The manufacturing environment is getting increasingly complex. The need for CAM and PLM tools by the manufacturing engineer, CNC programmer or machinist is similar to the need for computer assistance by the pilot of modern aircraft systems. Modern machinery cannot be properly used without the assistance of good hardware and software. What drives competitive advantage in the manufacturing industry today is cutting edge technology. It fosters innovation, productivity and cost-efficiency. In the face of tough global competition, technology is the manufacturer’s avenue for shorter time-to-market cycles, for improving production efficiency, developing new products, and much more.
Manufacturing professionals require the latest in graphics and CPU horsepower with cool and quiet performance, as well as space-saving designs that will keep the work environment free from distraction for maximum creativity and productivity. They run powerful business applications for which desktop PCs or uncertified workstations are inadequate, since the hardware is not optimized for the task at hand. Minutes instead of seconds may be spent waiting for files to open or for 3D models or video edits to compile, due to insufficient processing power. Sluggish processing, slow response to mouse inputs, and even blue screens may be experienced owing to maxed-out memory and hardware components that are designed for standard office use.

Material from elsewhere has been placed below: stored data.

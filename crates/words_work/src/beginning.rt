//! With how many slots a count begins, and that it begins anew where these are too few.
ghost use Rattle.std.specs.Prelude.{◌≡◌, ◌≤◌, IfErr, IfOk, None};
ghost use Rattle.lane_reports.specs.deleter.Weighing.{Weighs};
ghost use Rattle.lane_reports.specs.lane_files.Work.{IsWork};
ghost use Rattle.lane_reports.specs.lane_domain.Sizes.{IsWithinLimits, most_lanes};
ghost use Rattle.file_work.specs.Limits.{IsPlan, most_of};
ghost use Rattle.words_work.specs.Beginnings.{IsCountOf, IsWhyStopped};

use file_work::{Plan, count_distinct_slots, slots_that_serve};
use lane_reports::{
    CountError, Counted, Deleter, Gate, NodeKind, OutOfMemory, PairKind, PayloadKind, RecordKind,
    Work, count_pieces, count_words,
};
use std::alloc::Global;
use std::sync::Wait;
use std::thread::Threads;

/// How many slots lanes have under way beside those that grow with the lanes: nodes that are popped and wait to be
/// freed.
const UNDER_WAY: u64 = 16_384;

/// On so many lanes a slot for the node of each piece is guessed.
const LANES_THAT_WAIT: u64 = 12;

/// How many slots the work is likely to need on so many lanes: those of its distinct words' records, and what lanes
/// can have under way, as nodes that wait or are not yet freed, and records of words that two lanes make at once. With
/// more lanes than one that is some for each twelve pieces besides, as many as there are lanes: while a lane waits for
/// a processor with a node under its announcement, the others pop on, and what they pop is freed behind that node. It
/// needn't be enough. A step for each piece.
fn guess(alloc: Global, work: &Work, lanes: u32) -> Result<u64, OutOfMemory>
    requires work { IsWork work.now }
    requires lanes { lanes ≤ most_lanes }
{
    let seats = u64::from(lanes) + 1;
    let mut slots = UNDER_WAY + 64 * seats * seats;
    if lanes > 1 {
        let waiting = u64::from(lanes).min(LANES_THAT_WAIT);
        slots = slots.saturating_add(
            (count_pieces(work) / LANES_THAT_WAIT).saturating_mul(waiting),
        );
    }
    Ok(slots.saturating_add(count_distinct_slots(alloc, work)?))
}

/// With so many slots the work is begun where none are asked for. Records of earlier rounds keep their slots, so with
/// more than one round it is as many as always serve.
fn slots_to_begin(alloc: Global, plan: Plan, work: &Work) -> Result<u32, OutOfMemory>
    requires plan { IsPlan plan }
    requires work { IsWork work.now × IsWithinLimits work.now }
    ensures { IfOk result (λ slots. (1 ≤ slots) × (slots ≤ most_of work.now)) }
{
    let most = slots_that_serve(work);
    let slots = match plan.first {
        Some(first) => u64::from(first),
        None if work.rounds > 1 => u64::from(most),
        None => guess(alloc, work, plan.lanes)?,
    };
    Ok(slots.min(u64::from(most)).max(1) as u32)
}

/// Counts the work on a domain of so many slots; and anew, on one that has as many as always serve, where a seat
/// found each slot taken. So it is never refused as full. What the first count told is forgotten: its seats are gone
/// with their domain, and the contents are those that were given. It takes the steps of `count_words`, twice where it
/// began anew.
fn count_from<R: Threads + Wait + Sync, G: Gate + Sync, D: Fn(&[u64; 16]) -> u64 + Sync>(
    rt: &R,
    alloc: Global,
    plan: Plan,
    work: &Work,
    slots: u32,
    gate: &G,
    weigh: &Deleter<PairKind<NodeKind, RecordKind>, D>,
) -> Result<Counted, CountError>
    requires plan { IsPlan plan }
    requires work { IsWork work.now × IsWithinLimits work.now }
    requires slots { (1 ≤ slots) × (slots ≤ most_of work.now) }
    requires weighs { Weighs ⟦<PairKind<NodeKind, RecordKind> as PayloadKind>⟧.fits
        ⟦<PairKind<NodeKind, RecordKind> as PayloadKind>⟧.weight D.Fn weigh.now }
    ensures done { IfOk result (IsCountOf work.now plan.lanes plan.form None) }
    ensures why { IfErr result (IsWhyStopped ⟦<PairKind<NodeKind, RecordKind> as PayloadKind>⟧.fits
        work.now plan.lanes plan.form None) }
{
    match count_words(rt, alloc, work, plan.lanes, slots, plan.form, gate, weigh) {
        Err(CountError::Full(_seat)) => {
            let most = slots_that_serve(work);
            count_words(rt, alloc, work, plan.lanes, most, plan.form, gate, weigh)
        }
        counted => counted,
    }
}

/// Counts the work on a domain of the slots that are asked for; where none are, of as many as it needs.
pub(crate) fn count_work<R: Threads + Wait + Sync, G: Gate + Sync, D: Fn(&[u64; 16]) -> u64 + Sync>(
    rt: &R,
    alloc: Global,
    plan: Plan,
    work: &Work,
    gate: &G,
    weigh: &Deleter<PairKind<NodeKind, RecordKind>, D>,
) -> Result<Counted, CountError>
    requires plan { IsPlan plan }
    requires work { IsWork work.now × IsWithinLimits work.now }
    requires weighs { Weighs ⟦<PairKind<NodeKind, RecordKind> as PayloadKind>⟧.fits
        ⟦<PairKind<NodeKind, RecordKind> as PayloadKind>⟧.weight D.Fn weigh.now }
    ensures done { IfOk result (IsCountOf work.now plan.lanes plan.form plan.slots) }
    ensures why { IfErr result (IsWhyStopped ⟦<PairKind<NodeKind, RecordKind> as PayloadKind>⟧.fits
        work.now plan.lanes plan.form plan.slots) }
{
    match plan.slots {
        Some(slots) => { count_words(rt, alloc, work, plan.lanes, slots, plan.form, gate, weigh) }
        None => {
            let slots = slots_to_begin(alloc, plan, work)?;
            count_from(rt, alloc, plan, work, slots, gate, weigh)
        }
    }
}
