//! The walk of a text over the cells of a directory.
ghost use Rattle.std.specs.Prelude.{◌≡◌, ◌+◌, ◌≤◌, IfOk, IsErr, length};
ghost use Rattle.atomic_weak.specs.core_events.Steps.{HasRoom};
ghost use Rattle.atomic_weak.specs.control_word.Resting.{IsAtRest, IsSpent};
ghost use Rattle.record_making.specs.directory_calls.Directories.{CanCount, IsOver, area_of};
ghost use Rattle.record_making.specs.directory_calls.Learning.{LearnsIn};
ghost use Rattle.record_making.specs.directory_law.Walks.{FindsRoom};
ghost use Rattle.record_making.specs.Texts.{text_of};
ghost use Rattle.text_reading.specs.Reading.{HasTwoFree};
ghost use Rattle.weak_intern.specs.Sought.{HasPieces, IsSought};
ghost use Rattle.record_making.specs.directory_calls.Steps.{Leaves, with_found};
ghost use Rattle.weak_intern.specs.Walking.{ComesTo, CostsBy, EndsAround, used_by, walked_by};

use crate::looking::{Sight, look};
use crate::seeing::number;
use crate::sought::Sought;
use atomic_weak::{Domain, EventPlace, Seat, Spent, Strong};
use record_making::{Directory, DirectoryLaw, HasDirectory, InPart, LookAtCell, cell_on};
use std::sync::Wait;

/// Where a walk ended.
#[derive(Debug, Drop)]
pub enum Walk {
    /// At the live record.
    Record(Strong),
    /// There was none. The walk has passed so many cells, or starts again where it has passed all.
    Absent(u32),
}

/// Walks over the cells for a text, up to its live record or a null cell. Where it comes to the
/// record, an intern of the seat is used if that is asked. At most one add for each cell.
pub(crate) fn seek<R: Wait, S, P: HasDirectory<S>>(
    rt: &R,
    domain: &Domain<P>,
    seat: &mut Seat<P>,
    directory: &Directory,
    sought: &Sought<'_>,
    intern: bool,
) -> Result<Walk, Spent>
    requires rest { IsAtRest domain.now seat.old }
    requires room { HasRoom seat.old.view.core }
    requires over { IsOver domain.now (P.part domain.now.protocol) directory.now }
    requires quota { CanCount intern (P.seen seat.old.view.client) }
    requires sought { IsSought sought.now.text.now sought.now.head sought.now.hash }
    requires free { HasTwoFree seat.old.view.core }
    requires pieces { HasPieces P.Kind.fits }
    ensures comes { IfOk result (λ walk. ComesTo P.seen domain.now
        (area_of (P.part domain.now.protocol)) (text_of sought.now.text.now) walk
        seat.old seat.new) }
    ensures costs { length sought.now.text.now ≤ 120
        → IfOk result (λ walk. CostsBy sought.now.head walk seat.old.view.core seat.new.view.core) }
    ensures spent { IsErr result → IsSpent seat.new.view.core }
    ensures leaves { Leaves (with_found (walked_by result) seat.old.view.core.owned)
        seat.old.view.core.weaks seat.old seat.new }
    ensures learns { LearnsIn P.seen P.with_seen (used_by intern result)
        seat.old.view.client seat.new.view.client }
    ensures makes { seat.new.view.core.makes ≡ seat.old.view.core.makes }
    ensures adds { seat.new.view.core.adds ≤ seat.old.view.core.adds + directory.now.cells }
    ensures room { HasRoom seat.new.view.core }
    ensures rest { IsAtRest domain.now seat.new }
{
    for passed in 0..directory.cells {
        let cell = cell_on(sought.hash, passed, directory.cells);
        match look::<R, S, P>(rt, domain, seat, directory, cell, sought, intern)? {
            Sight::Null => return Ok(Walk::Absent(passed)),
            Sight::Record(strong) => return Ok(Walk::Record(strong)),
            Sight::Other => {}
        }
    }
    come_around::<S, P>(domain, seat, directory);
    Ok(Walk::Absent(0))
}

/// A last look, at whichever cell, where a walk has passed them all: a seat that has an intern left
/// doesn't come to that. One step.
pub(crate) fn come_around<S, P: HasDirectory<S>>(
    domain: &Domain<P>,
    seat: &mut Seat<P>,
    directory: &Directory,
)
    requires rest { IsAtRest domain.now seat.old }
    requires room { HasRoom seat.old.view.core }
    requires over { IsOver domain.now (P.part domain.now.protocol) directory.now }
    ensures ends { EndsAround P.seen domain.now (area_of (P.part domain.now.protocol))
        seat.old seat.new }
    ensures finds_room { FindsRoom (area_of (P.part domain.now.protocol))
        (P.seen seat.old.view.client) }
    ensures leaves { Leaves seat.old.view.core.owned seat.old.view.core.weaks seat.old seat.new }
    ensures client { seat.new.view.client ≡ seat.old.view.client }
    ensures makes { seat.new.view.core.makes ≡ seat.old.view.core.makes }
    ensures adds { seat.new.view.core.adds ≡ seat.old.view.core.adds }
    ensures room { HasRoom seat.new.view.core }
    ensures rest { IsAtRest domain.now seat.new }
{
    let at = number::<S, P>(domain, directory, 0);
    let deed = InPart::<DirectoryLaw, S, LookAtCell>::new(LookAtCell);
    domain.look(seat, EventPlace::WeakCell(at), deed);
}
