//! Whether a head has a text.
ghost use Rattle.std.specs.Prelude.{◌≡◌, ◌↔◌, length, true};
ghost use Rattle.atomic_weak.specs.core_events.Steps.{HasRoom};
ghost use Rattle.atomic_weak.specs.core_events.Views.{Holds};
ghost use Rattle.atomic_weak.specs.control_word.Moves.{KnowsStill};
ghost use Rattle.atomic_weak.specs.control_word.Resting.{IsAtRest};
ghost use Rattle.atomic_weak.specs.domain_rule.Views.{object_in};
ghost use Rattle.record_making.specs.directory_calls.Steps.{Leaves};
ghost use Rattle.weak_intern.specs.Sighting.{Compares};

use atomic_weak::{Domain, Protocol, Seat, SlotId};
use record_making::read;

/// Whether the object in a slot that the seat holds has this payload. At most 16 steps.
pub fn is_payload<P: Protocol>(
    domain: &Domain<P>,
    seat: &mut Seat<P>,
    slot: SlotId,
    payload: &[u64; 16],
) -> bool
    requires rest { IsAtRest domain.now seat.old }
    requires room { HasRoom seat.old.view.core }
    requires holds { Holds seat.old.view.core slot }
    ensures same { (result ≡ true) ↔ ((object_in seat.old.view slot).payload ≡ payload.now) }
    ensures compares { Compares slot payload.now result seat.old.view.core seat.new.view.core }
    ensures objects { KnowsStill seat.old.view.core seat.old seat.new }
    ensures leaves { Leaves seat.old.view.core.owned seat.old.view.core.weaks seat.old seat.new }
    ensures client { seat.new.view.client ≡ seat.old.view.client }
    ensures makes { seat.new.view.core.makes ≡ seat.old.view.core.makes }
    ensures room { HasRoom seat.new.view.core }
    ensures rest { IsAtRest domain.now seat.new }
{
    for word in 0..16u32 {
        if read(domain, seat, slot, word) != payload[word as usize] {
            return false;
        }
    }
    true
}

Workstations are the crucial link between highly-skilled workers and the critical tasks they perform. The right workstation enables workers to leverage their skills and expertise to address any key manufacturing challenge or opportunity. Owing to the extreme environments in which manufacturing companies operate, their requirements are more demanding than typical IT shops. Workstation performance in a manufacturing environment is determined by the sum of many factors, not the least of which is good design.
Features of a robust workstation design for manufacturing
Lenovo workstations are purpose built for high performance and heavy workloads. They are also designed so that one can tailor the system, and the price, to match one’s application requirements in five
Faster rendering for complex graphics: A workstation is designed to support one or more professional grade graphics cards, while a PC typically supports only consumer-grade cards. Anyone working with detailed 2D or 3D graphics can expect to see dramatic improvements in system responsiveness using a workstation, even if the two systems are otherwise identical.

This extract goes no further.